(Collected data entries)
****

//! The rule of the table, and what each kind of step tells.
ghost use Rattle.table_rows.specs.declared.view.View.TheVariants.{Founder, Spent};
ghost use Rattle.table_rows.specs.Views.{first_founder};
ghost use Rattle.table_rows.specs.Rule.{holds};
ghost use Rattle.table_rows.specs.Steps.{exchanged, join_caller_both, join_note_both, looked, note_left, note_right, number_left, number_right, was_read, wrote};

use crate::view::{Parameters, View};
use atomic_table::{Join, Play, Split, TableRule};

pub(crate) struct BasisRule;

impl TableRule<(), View, Parameters> for BasisRule {
    ghost holds = { holds };

    ghost first = { λ p. Founder (first_founder p) };
}

pub(crate) struct Look;

impl Play<(), View> for Look {
    ghost then = { looked };
}

pub(crate) struct Read;

impl Play<(), View> for Read {
    ghost then = { was_read };
}

pub(crate) struct Write;

impl Play<(), View> for Write {
    ghost then = { wrote };
}

pub(crate) struct Exchange;

impl Play<(), View> for Exchange {
    ghost then = { exchanged };
}

pub(crate) struct Number;

impl Split<View> for Number {
    ghost left = { number_left };

    ghost right = { number_right };
}

pub(crate) struct TakeNote;

impl Split<View> for TakeNote {
    ghost left = { note_left };

    ghost right = { note_right };
}

pub(crate) struct JoinNote;

impl Join<View> for JoinNote {
    ghost both = { join_note_both };

    ghost spent = { Spent };
}

pub(crate) struct JoinCaller;

impl Join<View> for JoinCaller {
    ghost both = { join_caller_both };

    ghost spent = { Spent };
}
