//! The shared words of a basis: their layout, their rule, and the eight kinds of atomic step.
//!
//! A table is made with a founder, which gives numbers to callers; each may go to a thread of its own. A caller looks at the
//! directory, reads regions that it knows, writes its draft, and appends it by one exchange, which is won or lost. A note
//! brings what one caller has seen to another. At the end the founder takes all callers in, and the table gives its words.
//!
//! What a seat knows is its view, plain data that contracts alone speak of. Each call's contract says what a view gains, and
//! `laws` that each kind of step keeps the rule, which says what words and views have to do with one another.
#![tactic(auto)]

mod exchange;
pub mod laws;
mod layout;
mod meeting;
mod regions;
mod rule;
mod seats;
mod symbols;
mod table;
pub mod view;

pub use exchange::Exchanged;
pub use layout::{pack, unpack, words_for_symbols, words_of_basis, words_of_region};
pub use regions::{lay_out, take_packet, take_row, take_symbols};
pub use seats::{CallerSeat, FounderSeat, NoteSeat};
pub use table::{BasisTable, Opened};

#[cfg(test)]
mod tests;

****

▸ **Your assignment**:
The records above are to be restated word for word.

▸ **Result**:
//! The rule of the table, and what each kind of step tells.
ghost use Rattle.table_rows.specs.declared.view.View.TheVariants.{Founder, Spent};
ghost use Rattle.table_rows.specs.Views.{first_founder};
ghost use Rattle.table_rows.specs.Rule.{holds};
ghost use Rattle.table_rows.specs.Steps.{exchanged, join_caller_both, join_note_both, looked, note_left, note_right, number_left, number_right, was_read, wrote};

use crate::view::{Parameters, View};
use atomic_table::{Join, Play, Split, TableRule};

pub(crate) struct BasisRule;

impl TableRule<(), View, Parameters> for BasisRule {
    ghost holds = { holds };

    ghost first = { λ p. Founder (first_founder p) };
}

pub(crate) struct Look;

impl Play<(), View> for Look {
    ghost then = { looked };
}

pub(crate) struct Read;

impl Play<(), View> for Read {
    ghost then = { was_read };
}

pub(crate) struct Write;

impl Play<(), View> for Write {
    ghost then = { wrote };
}

pub(crate) struct Exchange;

impl Play<(), View> for Exchange {
    ghost then = { exchanged };
}

pub(crate) struct Number;

impl Split<View> for Number {
    ghost left = { number_left };

    ghost right = { number_right };
}

pub(crate) struct TakeNote;

impl Split<View> for TakeNote {
    ghost left = { note_left };

    ghost right = { note_right };
}

pub(crate) struct JoinNote;

impl Join<View> for JoinNote {
    ghost both = { join_note_both };

    ghost spent = { Spent };
}

pub(crate) struct JoinCaller;

impl Join<View> for JoinCaller {
    ghost both = { join_caller_both };

    ghost spent = { Spent };
}
//! The shared words of a basis: their layout, their rule, and the eight kinds of atomic step.
//!
//! A table is made with a founder, which gives numbers to callers; each may go to a thread of its own. A caller looks at the
//! directory, reads regions that it knows, writes its draft, and appends it by one exchange, which is won or lost. A note
//! brings what one caller has seen to another. At the end the founder takes all callers in, and the table gives its words.
//!
//! What a seat knows is its view, plain data that contracts alone speak of. Each call's contract says what a view gains, and
//! `laws` that each kind of step keeps the rule, which says what words and views have to do with one another.
#![tactic(auto)]

mod exchange;
pub mod laws;
mod layout;
mod meeting;
mod regions;
mod rule;
mod seats;
mod symbols;
mod table;
pub mod view;

pub use exchange::Exchanged;
pub use layout::{pack, unpack, words_for_symbols, words_of_basis, words_of_region};
pub use regions::{lay_out, take_packet, take_row, take_symbols};
pub use seats::{CallerSeat, FounderSeat, NoteSeat};
pub use table::{BasisTable, Opened};

#[cfg(test)]
mod tests;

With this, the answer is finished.